Propagating prior information with transformer for robust visual object tracking

In recent years, the domain of visual object tracking has witnessed considerable advancements with the advent of deep learning methodologies. Siamese-based trackers have been pivotal, establishing a new architecture with a weight-shared backbone. With the inclusion of the transformer, attention mechanism has been exploited to enhance the feature discriminability across successive frames. However, the limited adaptability of many existing trackers to the different tracking scenarios has led to inaccurate target localization. To effectively solve this issue, in this paper, we have integrated a siamese network with the transformer, where the former utilizes ResNet50 as the backbone network to extract the target features, while the latter consists of an encoder and a decoder, where the encoder can effectively utilize global contextual information to obtain the discriminative features.
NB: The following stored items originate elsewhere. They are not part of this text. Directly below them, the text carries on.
impl Clients {
    /// No client, with room for 64. It is refused for memory alone.
    pub fn new(alloc: Global) -> Result<Clients, NoMemory>
        ensures none { IfOk result (λ clients. clients ≡ record { list = []; rings = [] }) }
    {
        Ok(Clients {
            alloc,
            slab: Slab::with_capacity(alloc, CLIENTS_MAX as usize)?,
            locations: Vec::with_capacity(alloc, CLIENTS_MAX as usize)?,
            store: Store::new(alloc),
            cells: 0,
        })
    }

    /// Opens a client, with an empty ring of 64 to 4,096 places, all bits of its masks set, on the realtime clock.
    ///
    /// The store grows first, by one cell more than the ring has places, so that no other call takes memory. No open
    /// client may have the number. It is refused where 64 are open, and may be refused for want of memory; nothing
    /// changes then.
    pub fn open(&mut self, number: u32, ring: u32) -> Result<(), OpenRefused>
        requires ring { (64 ≤ ring) × (ring ≤ 4096) }
        requires unused { has_client number self.old.list ≡ false }
        ensures too_many { (result ≡ Err TooMany) ↔ (length self.old.list ≡ CLIENTS_MAX) }
        ensures ok { OnOk result
            (self.new.list ≡ with_client (new_client number ring) self.old.list) }
        ensures err { OnErr result (self.new ≡ self.old) }
        ensures numbers { held_numbers self.new ≡ held_numbers self.old }
    {
        if self.locations.len() == CLIENTS_MAX as usize {
            return Err(OpenRefused::TooMany);
        }
        let cells = self.cells + ring + 1;
        self.store.grow(cells)?;
        let client = Client::new(self.alloc, number, ring)?;
        let key = self.slab.insert_reserved(client);
        let place = place_for(&self.locations, number);
        self.locations
            .insert(place, Location { number, key })
            .unwrap();
        self.cells = cells;
        Ok(())
    }

    /// Closes an open client. What is queued for it is lost.
    pub fn close(&mut self, number: u32)
        requires open { has_client number self.old.list ≡ true }
        ensures closed { self.new.list ≡ without_client number self.old.list }
        ensures rings { IsRingClosed number self.old self.new }
    {
        let index = index_of(&self.locations, number).unwrap();
        let location = self.locations.remove(index);
        let mut client = self.slab.remove(location.key);
        client.clear(&mut self.store);
        self.cells -= client.places() + 1;
    }

    /// An open client loses the device for good: no frame is offered to it any more. It stays open, and what is queued
    /// for it stays.
    pub fn revoke(&mut self, number: u32)
        requires open { has_client number self.old.list ≡ true }
        ensures revoked { self.new.list ≡ map_client number after_revoke self.old.list }
        ensures numbers { self.new.rings ≡ self.old.rings }
    {
        let key = key_of(&self.locations, &self.slab, number);
        self.slab[key].revoke();
    }

    /// Whether a client with this number is open.
    pub fn is_open(&self, number: u32) -> bool
        ensures open { result ≡ has_client number self.now.list }
    {
        index_of(&self.locations, number).is_some()
    }

    /// Whether an open client was revoked.
    pub fn is_revoked(&self, number: u32) -> bool
        requires open { has_client number self.now.list ≡ true }
        ensures revoked { result ≡ has_revoked_client number self.now.list }
    {
        let key = key_of(&self.locations, &self.slab, number);
        self.slab[key].is_revoked()
    }

    /// The clock by which an open client reads its events.
    pub fn clock(&self, number: u32) -> Clock
        requires open { has_client number self.now.list ≡ true }
        ensures clock { result ≡ clock_of_client number self.now.list }
    {
        let key = key_of(&self.locations, &self.slab, number);
        self.slab[key].clock()
    }

    /// 64 bits of one of an open client's masks, from `64 * word` on, the first as the lowest bit. The mask of types goes
    /// by `EV_SYN`.
    pub fn mask_word(&self, number: u32, kind: u16, word: u16) -> u64
        requires open { has_client number self.now.list ≡ true }
        requires kind { has_mask kind ≡ true }
        requires word { word < mask_words kind }
        ensures word { word_bits result
            ≡ word_of word (mask_of (masks_of_client number self.now.list) kind) }
    {
        let key = key_of(&self.locations, &self.slab, number);
        self.slab[key].mask_word(kind, word)
    }

    /// How many clients are open, at most 64. A client that was revoked is open until it is closed.
    pub fn count(&self) -> u32
        ensures count { result ≡ length self.now.list }
        ensures few { result ≤ CLIENTS_MAX }
    {
        self.locations.len() as u32
    }

    /// How many events are kept: each event of a frame that at least one queue holds, once, and each SYN_DROPPED.
    ///
    /// It is as many as there are different numbers in the rings. So it is at least the length of the longest queue,
    /// and at least how many steps the queued events came from. It is at most the length of all queues together.
    pub fn stored(&self) -> u32
        ensures stored { result ≡ stored_of self.now }
        ensures places { length (held_places self.now.list) ≤ result }
        ensures least { All (λ c. length c.ring.events ≤ result) self.now.list }
        ensures most { result ≤ sum_by (λ c. length c.ring.events) self.now.list }
    {
        self.store.count()
    }

    /// Sets 64 bits of one of an open client's masks, from `64 * word` on, the lowest bit of `bits` first. The mask of
    /// types goes by `EV_SYN`. What is queued stays.
    ///
    /// Bits past a mask's end, and the bit of `EV_SYN`, may be cleared, and that changes nothing.
    pub fn set_mask(&mut self, number: u32, kind: u16, word: u16, bits: u64)
        requires open { has_client number self.old.list ≡ true }
        requires kind { has_mask kind ≡ true }
        requires word { word < mask_words kind }
        ensures set { self.new.list ≡ map_client number (after_mask kind word bits) self.old.list }
        ensures numbers { self.new.rings ≡ self.old.rings }
    {
        let key = key_of(&self.locations, &self.slab, number);
        self.slab[key].set_mask(kind, word, bits);
    }

    /// Chooses the clock by which an open client reads its events, at a moment in microseconds and at the place of the
    /// step in the history. A client's offset is added when it reads.
    ///
    /// Where the clock is another one than before and the queue is not empty, all of it is lost: SYN_DROPPED stands in
    /// its place. So all of a queue is on the present clock.
    pub fn set_clock(&mut self, number: u32, clock: Clock, now: u64, place: u32)
        requires open { has_client number self.old.list ≡ true }
        requires moment { now ≤ MOMENT_MAX }
        ensures set { self.new.list
            ≡ map_client number (after_clock clock now place) self.old.list }

        // The other rings stay, and a client that loses its queue has one SYN_DROPPED.
        ensures once { IsClockStored number clock self.old self.new }
        ensures stored { stored_of self.new ≤ stored_of self.old
            + count_by (is_lost_to_clock number clock) self.old.list }
    {
        let key = key_of(&self.locations, &self.slab, number);
        self.slab[key].set_clock(&mut self.store, clock, now, place);
    }

    /// How many events an open client may read: those up to the last SYN_REPORT.
    pub fn visible(&self, number: u32) -> u32
        requires open { has_client number self.now.list ≡ true }
        ensures visible { result ≡ visible event_of_cell (events_of number self.now.list) }
    {
        let key = key_of(&self.locations, &self.slab, number);
        self.slab[key].visible(&self.store)
    }

    /// Writes the numbers of the open clients that could read something now, ascending, to the front of a buffer, as many
    /// as fit, and says how many there are in all. The rest of the buffer stays.
    pub fn readable(&self, numbers: &mut [u32]) -> u32
        ensures count { result ≡ length (readable_in event_of_cell self.now.list) }
        ensures few { result ≤ CLIENTS_MAX }
        ensures written { let readable = readable_in event_of_cell self.now.list in
            numbers.new ≡ written (take (length numbers.old) readable) numbers.old }
    {
        write_readable(&self.locations, &self.slab, &self.store, numbers)
    }

    /// Moves the first `count` visible events of an open client, or as many as there are, to the front of a buffer, and
    /// says how many. Each is read on the client's clock. The rest of the buffer stays. The buffer must have room for
    /// `count`.
    pub fn take(&mut self, caps: &Caps, number: u32, count: u32, out: &mut [Taken]) -> u32
        requires open { has_client number self.old.list ≡ true }
        requires room { count ≤ length out.old }
        ensures count { result
            ≡ min count (visible event_of_cell (events_of number self.old.list)) }
        ensures taken { let queue = events_of number (clients_on caps.now self.old.list) in
            out.new ≡ written (take result queue) out.old }
        ensures rest { self.new.list ≡ map_client number (after_take result) self.old.list }
        ensures rings { IsRingChanged number (drop result) self.old self.new }
    {
        let key = key_of(&self.locations, &self.slab, number);
        self.slab[key].take(&mut self.store, caps, count, out)
    }

    /// Removes all visible events of an open client, unread, and says how many they were.
    pub fn discard(&mut self, number: u32) -> u32
        requires open { has_client number self.old.list ≡ true }
        ensures count { result ≡ visible event_of_cell (events_of number self.old.list) }
        ensures rest { self.new.list ≡ map_client number (after_take result) self.old.list }
        ensures rings { IsRingChanged number (drop result) self.old self.new }
    {
        let key = key_of(&self.locations, &self.slab, number);
        self.slab[key].discard(&mut self.store)
    }

    /// Removes an open client's queued events of a type, as the answer to a query of its codes does. The type must not
    /// be `EV_SYN`.
    pub fn flush(&mut self, number: u32, kind: u16)
        requires open { has_client number self.old.list ≡ true }
        requires not_syn { kind ≢ EV_SYN }
        ensures flushed { self.new.list
            ≡ map_client number (after_flush event_of_cell (Codes kind)) self.old.list }
        ensures rings { IsRingFlushed number (Codes kind) self.old self.new }
    {
        let key = key_of(&self.locations, &self.slab, number);
        self.slab[key].flush(&mut self.store, kind);
    }

    /// Removes an open client's queued multi-touch events, as the answer to a query of all slots does.
    pub fn flush_slots(&mut self, number: u32)
        requires open { has_client number self.old.list ≡ true }
        ensures flushed { self.new.list
            ≡ map_client number (after_flush event_of_cell Slots) self.old.list }
        ensures rings { IsRingFlushed number Slots self.old self.new }
    {
        let key = key_of(&self.locations, &self.slab, number);
        self.slab[key].flush_slots(&mut self.store);
    }

    /// Offers a frame to each open client, or to the holder of the grab alone, where there is one. A client that was
    /// revoked is offered none. Each client gets the events that its masks admit; each of them is kept once, whoever
    /// gets it. A client's offset is added when it reads.
    ///
    /// The frame ended at a moment in microseconds, and at the place of its step in the history. It takes no memory.
    pub fn offer(&mut self, frame: &[Event], now: u64, place: u32, holder: Option<u32>)
        requires moment { now ≤ MOMENT_MAX }
        ensures offered { self.new.list
            ≡ map (after_offer frame.now now place holder) self.old.list }

        // Each event is kept once, and each client that loses its queue has one SYN_DROPPED more.
        ensures once { IsStoredOnce frame.now now place holder self.old self.new }
        ensures stored { stored_of self.new ≤ stored_of self.old + length frame.now
            + count_by (loses frame.now now place holder) self.old.list }
    {
        if self.locations.is_empty() {
            return;
        }
        let frame = Frame {
            events: frame,
            moment: now,
            place,
            holder,
        };
        let locations = self.locations.as_slice();
        match takers_of_all(locations, &self.slab, &self.store, &frame) {
            Some(takers) if frame.events.len() <= RUN_SHORT => {
                offer_run::<RUN_SHORT>(locations, &mut self.slab, &mut self.store, &frame, takers);
            }
            Some(takers) => {
                offer_run::<RUN_MAX>(locations, &mut self.slab, &mut self.store, &frame, takers);
            }
            None => offer_events(locations, &mut self.slab, &mut self.store, &frame),
        }
    }
}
Simultaneously, we employ the decoder to propagate prior information related to the target, which enables the tracker to successfully locate the target in a variety of environments, enhancing the stability and robustness of the tracker. Extensive experiments on four major public datasets, OTB100, UAV123, GOT10k and LaSOText demonstrate the effectiveness of the proposed method. Its performance surpasses many state-of-the-art trackers. Additionally, the proposed tracker can achieve a tracking speed of 60 fps, meeting the requirements for real-time tracking.